Instructions to follow »
A line below contains "done = walk_from(rows, node(v), &mut", and a later one contains "(length fresh.old ≡". Repeat both, with every line between them, exactly.

Dataset content »
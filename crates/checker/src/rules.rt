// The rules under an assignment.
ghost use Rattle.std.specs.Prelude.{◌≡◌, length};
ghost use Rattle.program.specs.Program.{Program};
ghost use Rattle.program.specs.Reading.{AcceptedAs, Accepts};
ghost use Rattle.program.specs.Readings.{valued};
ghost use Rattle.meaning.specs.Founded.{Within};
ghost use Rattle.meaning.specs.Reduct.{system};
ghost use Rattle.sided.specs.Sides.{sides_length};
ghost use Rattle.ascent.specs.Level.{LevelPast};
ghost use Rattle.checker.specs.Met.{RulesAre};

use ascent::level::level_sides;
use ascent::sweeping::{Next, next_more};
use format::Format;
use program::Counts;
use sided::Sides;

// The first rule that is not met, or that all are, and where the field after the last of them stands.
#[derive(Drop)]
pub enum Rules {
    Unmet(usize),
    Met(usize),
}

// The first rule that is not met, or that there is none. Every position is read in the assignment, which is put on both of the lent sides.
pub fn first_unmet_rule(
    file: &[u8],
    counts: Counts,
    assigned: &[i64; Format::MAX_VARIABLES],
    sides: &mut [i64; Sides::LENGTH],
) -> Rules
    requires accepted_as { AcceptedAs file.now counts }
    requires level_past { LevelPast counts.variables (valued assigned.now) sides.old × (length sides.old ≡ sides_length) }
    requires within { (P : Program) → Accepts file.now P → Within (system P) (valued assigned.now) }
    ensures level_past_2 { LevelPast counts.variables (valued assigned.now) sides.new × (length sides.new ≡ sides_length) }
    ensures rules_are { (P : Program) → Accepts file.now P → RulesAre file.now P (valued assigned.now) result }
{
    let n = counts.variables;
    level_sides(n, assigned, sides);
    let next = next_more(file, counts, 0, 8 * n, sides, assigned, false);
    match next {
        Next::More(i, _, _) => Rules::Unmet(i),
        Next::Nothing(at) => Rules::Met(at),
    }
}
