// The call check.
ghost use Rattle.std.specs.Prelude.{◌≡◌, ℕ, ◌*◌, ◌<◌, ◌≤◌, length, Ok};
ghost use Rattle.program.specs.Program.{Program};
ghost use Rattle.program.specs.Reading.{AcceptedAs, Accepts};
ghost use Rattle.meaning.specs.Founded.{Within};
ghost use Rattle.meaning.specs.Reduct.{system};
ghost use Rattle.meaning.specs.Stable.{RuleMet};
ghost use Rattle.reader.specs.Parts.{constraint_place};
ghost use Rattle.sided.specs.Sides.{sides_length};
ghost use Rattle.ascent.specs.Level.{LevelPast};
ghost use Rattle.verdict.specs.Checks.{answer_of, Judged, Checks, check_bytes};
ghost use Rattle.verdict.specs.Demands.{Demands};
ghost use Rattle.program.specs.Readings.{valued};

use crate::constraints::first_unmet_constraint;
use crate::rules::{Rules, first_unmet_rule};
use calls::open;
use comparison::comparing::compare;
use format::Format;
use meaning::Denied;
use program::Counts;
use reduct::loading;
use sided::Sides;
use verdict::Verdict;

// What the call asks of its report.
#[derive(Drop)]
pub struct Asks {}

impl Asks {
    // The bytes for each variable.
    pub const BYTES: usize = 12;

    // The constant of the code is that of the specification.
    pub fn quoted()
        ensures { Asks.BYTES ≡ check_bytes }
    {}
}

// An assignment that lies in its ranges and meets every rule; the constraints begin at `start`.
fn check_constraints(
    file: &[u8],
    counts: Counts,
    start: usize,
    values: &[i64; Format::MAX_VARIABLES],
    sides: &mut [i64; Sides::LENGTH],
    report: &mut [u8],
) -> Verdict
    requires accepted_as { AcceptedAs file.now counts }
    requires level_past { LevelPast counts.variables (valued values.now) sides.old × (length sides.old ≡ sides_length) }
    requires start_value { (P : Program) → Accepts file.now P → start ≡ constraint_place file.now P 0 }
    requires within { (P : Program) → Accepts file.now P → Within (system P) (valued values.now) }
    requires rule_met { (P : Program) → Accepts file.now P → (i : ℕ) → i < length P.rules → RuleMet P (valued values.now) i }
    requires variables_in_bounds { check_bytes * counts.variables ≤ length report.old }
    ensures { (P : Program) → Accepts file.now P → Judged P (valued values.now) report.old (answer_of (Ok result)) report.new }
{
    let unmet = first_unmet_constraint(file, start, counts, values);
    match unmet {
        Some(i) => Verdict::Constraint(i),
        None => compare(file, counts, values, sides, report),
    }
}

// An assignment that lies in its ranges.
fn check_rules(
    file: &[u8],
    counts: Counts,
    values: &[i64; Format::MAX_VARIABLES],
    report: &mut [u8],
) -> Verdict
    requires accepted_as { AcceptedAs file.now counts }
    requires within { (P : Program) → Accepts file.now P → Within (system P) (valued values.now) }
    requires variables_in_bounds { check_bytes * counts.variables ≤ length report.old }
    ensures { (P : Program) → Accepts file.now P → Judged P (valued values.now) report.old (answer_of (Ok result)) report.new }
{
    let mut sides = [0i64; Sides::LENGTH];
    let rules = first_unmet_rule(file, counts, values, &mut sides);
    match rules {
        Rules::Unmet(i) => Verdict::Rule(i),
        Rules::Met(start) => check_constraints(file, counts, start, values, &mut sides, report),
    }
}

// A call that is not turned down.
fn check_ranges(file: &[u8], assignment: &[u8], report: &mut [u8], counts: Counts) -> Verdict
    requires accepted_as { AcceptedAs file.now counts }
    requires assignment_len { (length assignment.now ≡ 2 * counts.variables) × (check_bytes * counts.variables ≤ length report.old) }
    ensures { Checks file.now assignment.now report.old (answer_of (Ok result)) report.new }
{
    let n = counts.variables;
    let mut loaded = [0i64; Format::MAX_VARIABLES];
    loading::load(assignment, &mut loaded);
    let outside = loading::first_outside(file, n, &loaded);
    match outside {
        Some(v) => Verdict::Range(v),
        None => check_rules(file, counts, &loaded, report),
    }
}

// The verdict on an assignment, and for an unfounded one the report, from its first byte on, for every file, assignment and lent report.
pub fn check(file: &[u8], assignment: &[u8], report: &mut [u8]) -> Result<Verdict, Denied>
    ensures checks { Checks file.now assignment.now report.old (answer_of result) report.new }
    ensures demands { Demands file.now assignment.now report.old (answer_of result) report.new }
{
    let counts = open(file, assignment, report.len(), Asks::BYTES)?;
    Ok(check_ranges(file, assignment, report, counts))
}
* * *
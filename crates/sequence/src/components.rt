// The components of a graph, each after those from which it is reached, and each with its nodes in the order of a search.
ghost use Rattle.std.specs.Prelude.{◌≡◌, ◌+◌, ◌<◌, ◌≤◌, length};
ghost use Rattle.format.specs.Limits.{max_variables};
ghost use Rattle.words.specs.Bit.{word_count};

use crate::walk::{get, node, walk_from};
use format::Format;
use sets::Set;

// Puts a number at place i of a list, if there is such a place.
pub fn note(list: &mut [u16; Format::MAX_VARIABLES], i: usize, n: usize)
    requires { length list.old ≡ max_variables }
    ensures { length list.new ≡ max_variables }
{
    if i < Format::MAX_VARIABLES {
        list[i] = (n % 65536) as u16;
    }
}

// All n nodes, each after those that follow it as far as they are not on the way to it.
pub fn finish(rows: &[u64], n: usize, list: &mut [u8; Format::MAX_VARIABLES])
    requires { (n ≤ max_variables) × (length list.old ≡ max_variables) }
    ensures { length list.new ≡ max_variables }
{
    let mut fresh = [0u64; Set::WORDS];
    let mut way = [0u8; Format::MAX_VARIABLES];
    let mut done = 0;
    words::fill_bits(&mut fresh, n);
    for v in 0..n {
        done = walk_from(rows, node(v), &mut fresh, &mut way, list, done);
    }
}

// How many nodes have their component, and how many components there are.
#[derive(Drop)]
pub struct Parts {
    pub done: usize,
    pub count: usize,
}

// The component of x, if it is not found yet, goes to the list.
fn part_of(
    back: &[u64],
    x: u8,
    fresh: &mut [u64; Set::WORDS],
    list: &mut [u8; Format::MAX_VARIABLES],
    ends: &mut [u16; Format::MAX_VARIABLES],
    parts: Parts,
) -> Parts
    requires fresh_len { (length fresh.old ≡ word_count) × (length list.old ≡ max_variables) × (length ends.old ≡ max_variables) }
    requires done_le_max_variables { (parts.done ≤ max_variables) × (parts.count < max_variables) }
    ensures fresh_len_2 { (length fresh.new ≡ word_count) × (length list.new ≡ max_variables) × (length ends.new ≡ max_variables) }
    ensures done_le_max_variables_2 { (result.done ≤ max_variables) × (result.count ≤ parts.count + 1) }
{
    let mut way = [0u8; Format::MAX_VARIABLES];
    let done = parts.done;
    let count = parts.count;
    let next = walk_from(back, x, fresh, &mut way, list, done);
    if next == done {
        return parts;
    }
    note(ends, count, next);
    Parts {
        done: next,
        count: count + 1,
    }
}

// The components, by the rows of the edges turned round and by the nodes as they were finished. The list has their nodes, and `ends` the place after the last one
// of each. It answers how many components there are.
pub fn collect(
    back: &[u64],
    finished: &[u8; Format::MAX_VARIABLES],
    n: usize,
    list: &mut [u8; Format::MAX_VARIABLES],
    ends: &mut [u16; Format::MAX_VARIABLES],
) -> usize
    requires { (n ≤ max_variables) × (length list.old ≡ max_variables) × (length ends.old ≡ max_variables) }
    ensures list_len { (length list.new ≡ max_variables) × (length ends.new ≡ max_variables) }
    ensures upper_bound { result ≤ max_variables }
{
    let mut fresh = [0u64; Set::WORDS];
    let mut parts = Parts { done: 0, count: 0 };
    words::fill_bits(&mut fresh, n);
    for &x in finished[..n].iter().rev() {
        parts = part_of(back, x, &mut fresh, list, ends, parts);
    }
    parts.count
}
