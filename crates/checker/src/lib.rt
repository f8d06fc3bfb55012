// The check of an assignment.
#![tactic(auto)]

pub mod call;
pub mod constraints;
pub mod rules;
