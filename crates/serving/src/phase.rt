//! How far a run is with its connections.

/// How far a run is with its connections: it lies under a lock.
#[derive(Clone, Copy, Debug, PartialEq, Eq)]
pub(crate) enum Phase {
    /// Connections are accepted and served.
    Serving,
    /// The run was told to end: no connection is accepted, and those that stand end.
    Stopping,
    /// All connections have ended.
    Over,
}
---
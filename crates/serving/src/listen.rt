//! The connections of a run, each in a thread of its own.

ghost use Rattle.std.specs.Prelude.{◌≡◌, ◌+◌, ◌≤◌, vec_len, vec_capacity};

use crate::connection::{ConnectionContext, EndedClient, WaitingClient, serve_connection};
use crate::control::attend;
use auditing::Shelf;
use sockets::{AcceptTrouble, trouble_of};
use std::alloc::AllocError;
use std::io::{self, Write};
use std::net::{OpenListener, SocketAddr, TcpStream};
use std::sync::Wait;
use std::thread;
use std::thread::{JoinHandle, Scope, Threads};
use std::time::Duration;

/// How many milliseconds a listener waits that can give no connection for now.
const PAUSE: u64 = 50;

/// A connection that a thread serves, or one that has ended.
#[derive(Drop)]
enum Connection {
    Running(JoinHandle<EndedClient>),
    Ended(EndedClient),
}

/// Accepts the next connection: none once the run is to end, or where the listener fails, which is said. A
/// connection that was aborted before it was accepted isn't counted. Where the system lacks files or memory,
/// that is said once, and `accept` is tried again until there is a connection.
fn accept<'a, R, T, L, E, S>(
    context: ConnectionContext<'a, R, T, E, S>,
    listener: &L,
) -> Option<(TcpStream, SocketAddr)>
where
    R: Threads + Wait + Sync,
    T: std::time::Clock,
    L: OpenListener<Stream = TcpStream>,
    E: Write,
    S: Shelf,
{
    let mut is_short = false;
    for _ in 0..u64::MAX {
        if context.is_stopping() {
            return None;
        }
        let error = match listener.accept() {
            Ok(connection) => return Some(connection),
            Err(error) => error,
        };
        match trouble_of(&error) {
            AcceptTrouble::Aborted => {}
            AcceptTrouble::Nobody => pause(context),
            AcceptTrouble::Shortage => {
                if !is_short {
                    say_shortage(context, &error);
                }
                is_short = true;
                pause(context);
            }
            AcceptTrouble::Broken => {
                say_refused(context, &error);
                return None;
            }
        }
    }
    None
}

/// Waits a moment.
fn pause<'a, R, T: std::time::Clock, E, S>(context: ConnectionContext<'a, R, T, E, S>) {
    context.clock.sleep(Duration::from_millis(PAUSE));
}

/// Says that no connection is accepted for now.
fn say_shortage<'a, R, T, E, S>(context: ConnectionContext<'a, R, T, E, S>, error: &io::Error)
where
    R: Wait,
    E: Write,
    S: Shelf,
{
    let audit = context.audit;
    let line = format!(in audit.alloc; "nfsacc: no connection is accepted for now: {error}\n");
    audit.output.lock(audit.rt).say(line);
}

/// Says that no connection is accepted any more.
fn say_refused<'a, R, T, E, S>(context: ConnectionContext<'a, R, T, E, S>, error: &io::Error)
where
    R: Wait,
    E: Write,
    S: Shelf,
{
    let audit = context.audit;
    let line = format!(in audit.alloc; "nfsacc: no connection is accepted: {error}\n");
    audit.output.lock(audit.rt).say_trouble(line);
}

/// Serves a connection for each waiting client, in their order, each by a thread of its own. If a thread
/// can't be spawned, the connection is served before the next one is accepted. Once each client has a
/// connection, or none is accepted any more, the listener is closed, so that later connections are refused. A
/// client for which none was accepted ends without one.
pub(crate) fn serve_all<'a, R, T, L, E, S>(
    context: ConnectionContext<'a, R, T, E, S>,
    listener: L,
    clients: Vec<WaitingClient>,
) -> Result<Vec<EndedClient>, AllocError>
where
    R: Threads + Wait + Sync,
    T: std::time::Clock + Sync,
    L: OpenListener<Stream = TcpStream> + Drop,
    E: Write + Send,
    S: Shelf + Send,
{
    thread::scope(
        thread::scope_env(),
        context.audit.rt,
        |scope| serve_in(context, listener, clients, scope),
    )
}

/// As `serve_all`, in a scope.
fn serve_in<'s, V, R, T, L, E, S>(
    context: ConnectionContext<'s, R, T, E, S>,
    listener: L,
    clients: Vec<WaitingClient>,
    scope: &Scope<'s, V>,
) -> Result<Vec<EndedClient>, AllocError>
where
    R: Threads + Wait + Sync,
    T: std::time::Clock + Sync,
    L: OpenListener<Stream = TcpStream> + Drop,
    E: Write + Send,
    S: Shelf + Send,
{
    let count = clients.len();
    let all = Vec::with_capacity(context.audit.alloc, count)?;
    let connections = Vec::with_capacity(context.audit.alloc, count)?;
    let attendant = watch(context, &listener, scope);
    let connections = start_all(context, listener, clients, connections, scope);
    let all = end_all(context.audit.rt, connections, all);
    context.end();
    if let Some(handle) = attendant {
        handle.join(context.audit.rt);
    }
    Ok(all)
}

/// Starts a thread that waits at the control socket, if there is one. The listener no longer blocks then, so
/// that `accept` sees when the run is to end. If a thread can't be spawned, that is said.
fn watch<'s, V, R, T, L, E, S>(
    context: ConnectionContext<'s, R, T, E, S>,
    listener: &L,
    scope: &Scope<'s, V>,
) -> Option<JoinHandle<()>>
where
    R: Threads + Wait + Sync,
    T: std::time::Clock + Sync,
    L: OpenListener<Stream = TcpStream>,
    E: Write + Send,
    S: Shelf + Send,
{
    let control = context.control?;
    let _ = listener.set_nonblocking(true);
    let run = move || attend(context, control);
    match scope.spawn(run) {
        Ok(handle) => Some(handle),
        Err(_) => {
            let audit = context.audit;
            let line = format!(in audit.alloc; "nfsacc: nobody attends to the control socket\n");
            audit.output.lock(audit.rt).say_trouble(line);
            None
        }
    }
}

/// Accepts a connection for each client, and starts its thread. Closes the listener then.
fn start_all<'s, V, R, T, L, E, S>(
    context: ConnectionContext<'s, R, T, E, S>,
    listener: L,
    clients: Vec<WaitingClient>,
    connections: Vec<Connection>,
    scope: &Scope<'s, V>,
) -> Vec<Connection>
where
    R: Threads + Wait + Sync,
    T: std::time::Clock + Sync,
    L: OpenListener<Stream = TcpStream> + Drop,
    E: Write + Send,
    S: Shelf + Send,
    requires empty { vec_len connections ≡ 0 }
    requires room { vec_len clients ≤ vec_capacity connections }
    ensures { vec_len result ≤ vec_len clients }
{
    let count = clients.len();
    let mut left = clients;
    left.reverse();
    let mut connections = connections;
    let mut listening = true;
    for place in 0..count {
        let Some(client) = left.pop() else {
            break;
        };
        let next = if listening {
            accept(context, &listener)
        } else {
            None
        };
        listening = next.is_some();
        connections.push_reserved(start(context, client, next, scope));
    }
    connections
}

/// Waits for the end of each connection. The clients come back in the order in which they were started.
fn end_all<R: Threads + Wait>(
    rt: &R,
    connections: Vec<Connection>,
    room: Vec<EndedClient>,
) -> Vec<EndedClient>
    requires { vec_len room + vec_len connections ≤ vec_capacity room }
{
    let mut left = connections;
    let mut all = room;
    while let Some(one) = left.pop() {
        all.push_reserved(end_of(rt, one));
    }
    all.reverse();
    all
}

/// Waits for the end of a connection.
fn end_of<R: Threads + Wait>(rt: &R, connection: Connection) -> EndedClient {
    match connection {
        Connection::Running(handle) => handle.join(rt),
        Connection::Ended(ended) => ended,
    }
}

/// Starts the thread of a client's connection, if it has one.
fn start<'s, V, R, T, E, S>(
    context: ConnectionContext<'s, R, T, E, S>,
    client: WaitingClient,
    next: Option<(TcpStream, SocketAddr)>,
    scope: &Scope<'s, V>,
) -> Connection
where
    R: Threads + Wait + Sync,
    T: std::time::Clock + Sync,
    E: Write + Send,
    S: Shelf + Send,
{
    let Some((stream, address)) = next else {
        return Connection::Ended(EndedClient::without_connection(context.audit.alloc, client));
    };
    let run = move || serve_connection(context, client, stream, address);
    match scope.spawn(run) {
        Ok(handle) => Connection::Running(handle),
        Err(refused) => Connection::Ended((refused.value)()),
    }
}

Answer to the problem »
        done = walk_from(rows, node(v), &mut fresh, &mut way, list, done);
    }
}

// How many nodes have their component, and how many components there are.
#[derive(Drop)]
pub struct Parts {
    pub done: usize,
    pub count: usize,
}

// The component of x, if it is not found yet, goes to the list.
fn part_of(
    back: &[u64],
    x: u8,
    fresh: &mut [u64; Set::WORDS],
    list: &mut [u8; Format::MAX_VARIABLES],
    ends: &mut [u16; Format::MAX_VARIABLES],
    parts: Parts,
) -> Parts
    requires fresh_len { (length fresh.old ≡ word_count) × (length list.old ≡ max_variables) × (length ends.old ≡ max_variables) }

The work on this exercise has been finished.